The Attempt at a Solution

[/B]
I need some help with this problem. I don't think my attempt is even correct. But my thought is since T = I*A. Then I just need to solve for A. a = T*I. The moment of inertia is what is stumping me. I'm not sure if I'm doing this correctly. I = 1/2(.3)(.066) = 0.0099. This does not solve the problem adequately. Thanks of the help!

What are A and a? T is the force in the problem. Better to denote it F.

 

[frillybob]

What are A and a? T is the force in the problem. Better to denote it F.

Updated in main post. I left it as T because that is what the problem defines it by.

 

[rcgldr]

The horizontal surface applies a force to the left at the edges of the end caps as the spool accelerates. This torque is partially opposed by the thread's force to the right at the edge of the inner part of the spool.

 

[ehild]

The horizontal surface applies a force to the left at the edges of the end caps as the spool accelerates. This torque is partially opposed by the thread's force to the right at the edge of the inner part of the spool.

The torque is defined with respect a point or axis. What is your point of reference?

 

[frillybob]

The torque is defined with respect a point or axis. What is your point of reference?

The question says to take positive to be the right.
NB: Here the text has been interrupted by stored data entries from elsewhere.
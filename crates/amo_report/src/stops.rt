//! The text of stops: a schedule that is cut off after each of its moves.
ghost use Rattle.std.specs.Prelude.{◌≡◌, ◌≤◌, ◌+◌, ◌*◌, ◌++◌, ℕ, true, false, length, OnOk, IfOk, string_bytes};
ghost use Rattle.amo_params.specs.Givens.{IsWorker, lone_bound};
ghost use Rattle.amo_kk.specs.World.{process};
ghost use Rattle.amo_kk.specs.Alone.{world_after_turns};
ghost use Rattle.amo_world.specs.declared.answer.Verdict.TheVariants.{Lawful};
ghost use Rattle.amo_plan.specs.PlanSeen.{plan_seen};
ghost use Rattle.amo_report.specs.Reached.{IsReached, most_before_a_claim, most_before_an_end, most_before_all_ends};
ghost use Rattle.amo_report.specs.declared.stops.TheConstants.{MOST_STOPS};
ghost use Rattle.amo_report.specs.Stops.{lone_turns, run_out, all_run_out, stopped_world, stopped, stopped_verdict, stopped_dones, stop_line, stopped_line, stops_of};

use crate::laws::stops_run_out;
use crate::summary::{lesser, push_counts, push_least, push_verdict};
use amo_kk::Event;
use amo_plan::Plan;
use amo_render::count_performances;
use amo_world::{Verdict, World, judge};
use std::alloc::{AllocError, Global};

/// The most moves of a plan for which stops are computed, 1000.
pub const MOST_STOPS: usize = 1000;

/// Runs worker p, which isn't gone, alone until it claims a job or ends, and returns how many turns
/// it took. The world is far from the limit of a worker's count of steps.
fn lone_run(world: &mut World, p: u32) -> u64
    requires here { (process world.old.world p).gone ≡ false }
    requires reached { IsReached world.old.givens most_before_a_claim world.old.world }
    ensures turns { result ≡ lone_turns world.old.givens p (lone_bound world.old.givens) world.old.world }
    ensures world { world.new ≡ record { givens = world.old.givens; world = world_after_turns world.old.givens world.old.world p result } }
{
    let before = world.turns_of(p);
    let _alone = world.run_alone(p);
    world.turns_of(p) - before
}

/// Runs worker p alone until it is gone, and returns the most turns that it, or another before,
/// took in one go.
fn run_out(world: &mut World, p: u32, mut most: u64) -> u64
    requires worker { IsWorker world.old.givens p }
    requires reached { IsReached world.old.givens most_before_an_end world.old.world }
    requires most { most ≤ lone_bound world.old.givens }
    ensures world { world.new ≡ record { givens = world.old.givens; world = (run_out world.old.givens p (record { world = world.old.world; most = most })).world } }
    ensures most { result ≡ (run_out world.old.givens p (record { world = world.old.world; most = most })).most }
{
    // It claims each job at most once and ends, so it is gone after so many times.
    for _time in 0..world.givens().jobs + 1 {
        if !world.is_gone(p) {
            most = most.max(lone_run(world, p));
        }
    }
    most
}

/// Runs each worker that isn't gone, in order, alone until it is gone. It returns the most turns
/// that one took in one go.
fn run_all_out(world: &mut World) -> u64
    requires { IsReached world.old.givens most_before_all_ends world.old.world }
    ensures world { world.new ≡ record { givens = world.old.givens; world = (all_run_out world.old.givens world.old.givens.workers (record { world = world.old.world; most = 0 })).world } }
    ensures most { result ≡ (all_run_out world.old.givens world.old.givens.workers (record { world = world.old.world; most = 0 })).most }
{
    let mut most = 0;
    let workers = world.givens().workers;
    for before in 0..workers {
        most = run_out(world, before + 1, most);
    }
    most
}

/// Returns the world in which worker p crashes after the first `count` moves of the plan. Fails if
/// there was no memory.
fn stop_after(alloc: Global, plan: &Plan, p: u32, count: usize) -> Result<World, AllocError>
    requires worker { IsWorker plan.now.heads.givens p }
    requires count { count ≤ length plan.now.heads.moves }
    ensures { IfOk result (λ w. w ≡ record { givens = plan.now.heads.givens; world = stopped_world (plan_seen plan.now) p count }) }
{
    let mut world = World::new(alloc, plan.heads.givens)?;
    let (moves, _later) = plan.heads.moves.as_slice().split_at(count);
    world.run(moves);
    let _halted = world.halt(p);
    Ok(world)
}

/// Appends the line of a stop with this history and verdict.
#[tactic(auto, unfolding(crate::specs::Stops::stop_line))]
fn push_stop(
    out: &mut String,
    count: usize,
    history: &[Event],
    most: u64,
    verdict: Verdict,
) -> Result<(), AllocError>
    ensures { OnOk result (string_bytes out.new ≡ string_bytes out.old ++ stop_line count history.now most verdict) }
{
    write!(out, "stop {count}")?;
    push_counts(out, history)?;
    write!(out, " most {most}")?;
    push_verdict(out, verdict)?;
    writeln!(out)
}

/// Appends the line of the crash after so many moves, in a world of its own, and returns how many
/// jobs are done in it.
fn push_stopped(
    alloc: Global,
    out: &mut String,
    plan: &Plan,
    p: u32,
    count: usize,
) -> Result<usize, AllocError>
    requires worker { IsWorker plan.now.heads.givens p }
    requires count { count ≤ length plan.now.heads.moves }
    requires few { length plan.now.heads.moves ≤ MOST_STOPS }
    ensures line { OnOk result (string_bytes out.new ≡ string_bytes out.old ++ stopped_line (plan_seen plan.now) p count) }
    ensures dones { IfOk result (λ dones. dones ≡ stopped_dones (plan_seen plan.now) p count) }
{
    let mut world = stop_after(alloc, plan, p, count)?;
    let most = run_all_out(&mut world);
    let history = world.history();
    let verdict = judge(alloc, plan.heads.givens, history)?;
    push_stop(out, count, history, most, verdict)?;
    Ok(count_performances(history))
}

/// Returns the text of stops: a line for each number of moves, from 0 to that of the plan's
/// schedule. A last line has the least number of done jobs. In a fresh world the plan makes so many
/// moves, and worker p crashes. Then each worker that isn't gone runs alone until it ends, in the
/// order of the workers. A line has how much was claimed and done, and the most turns that a worker
/// took in one go to claim a job or end. It ends with the judge's verdict, which is always
/// `lawful`. The plan's passes aren't used. The plan must have a worker p, and at most `MOST_STOPS`
/// moves.
///
/// # Errors
///
/// `AllocError` if memory is refused.
#[tactic(auto, using(amo_render::proofs::Least::pieces_more, amo_render::proofs::Least::least_more))]
pub fn stops_text(alloc: Global, plan: &Plan, p: u32) -> Result<String, AllocError>
    requires low { 1 ≤ p }
    requires high { p ≤ plan.now.heads.givens.workers }
    requires few { length plan.now.heads.moves ≤ MOST_STOPS }
    ensures text { IfOk result (λ s. string_bytes s ≡ stops_of (plan_seen plan.now) p) }
    ensures most { (count : ℕ) → (stopped (plan_seen plan.now) p count).most ≤ 6 * plan.now.heads.givens.workers + plan.now.heads.givens.jobs }
    ensures gone { (count q : ℕ) → (process (stopped (plan_seen plan.now) p count).world q).gone ≡ true }
    ensures lawful { (count : ℕ) → stopped_verdict (plan_seen plan.now) p count ≡ Lawful }
{
    stops_run_out();
    let mut out = String::new(alloc);
    let mut least = None;
    for count in 0..plan.heads.moves.as_slice().len() + 1 {
        let dones = push_stopped(alloc, &mut out, plan, p, count)?;
        least = Some(lesser(dones, least));
    }
    push_least(&mut out, least)?;
    Ok(out)
}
It is moving to the right as well.

 

[ehild]

How do you calculate torque?

 

[frillybob]

How do you calculate torque?

T=I*A

Where T is torque (Given)
I is moment of inertia (Not given)
A is angular Acceleration (Need to find)

 

[ehild]

T=I*A

Where T is torque (Given)
I is moment of inertia (Not given)
A is angular Acceleration (Need to find)

Yes, but how is the torque of a force defined?

 

[frillybob]

Yes, but how is the torque of a force defined?

Torque is a measure of how much a force acting on an object causes that object to rotate.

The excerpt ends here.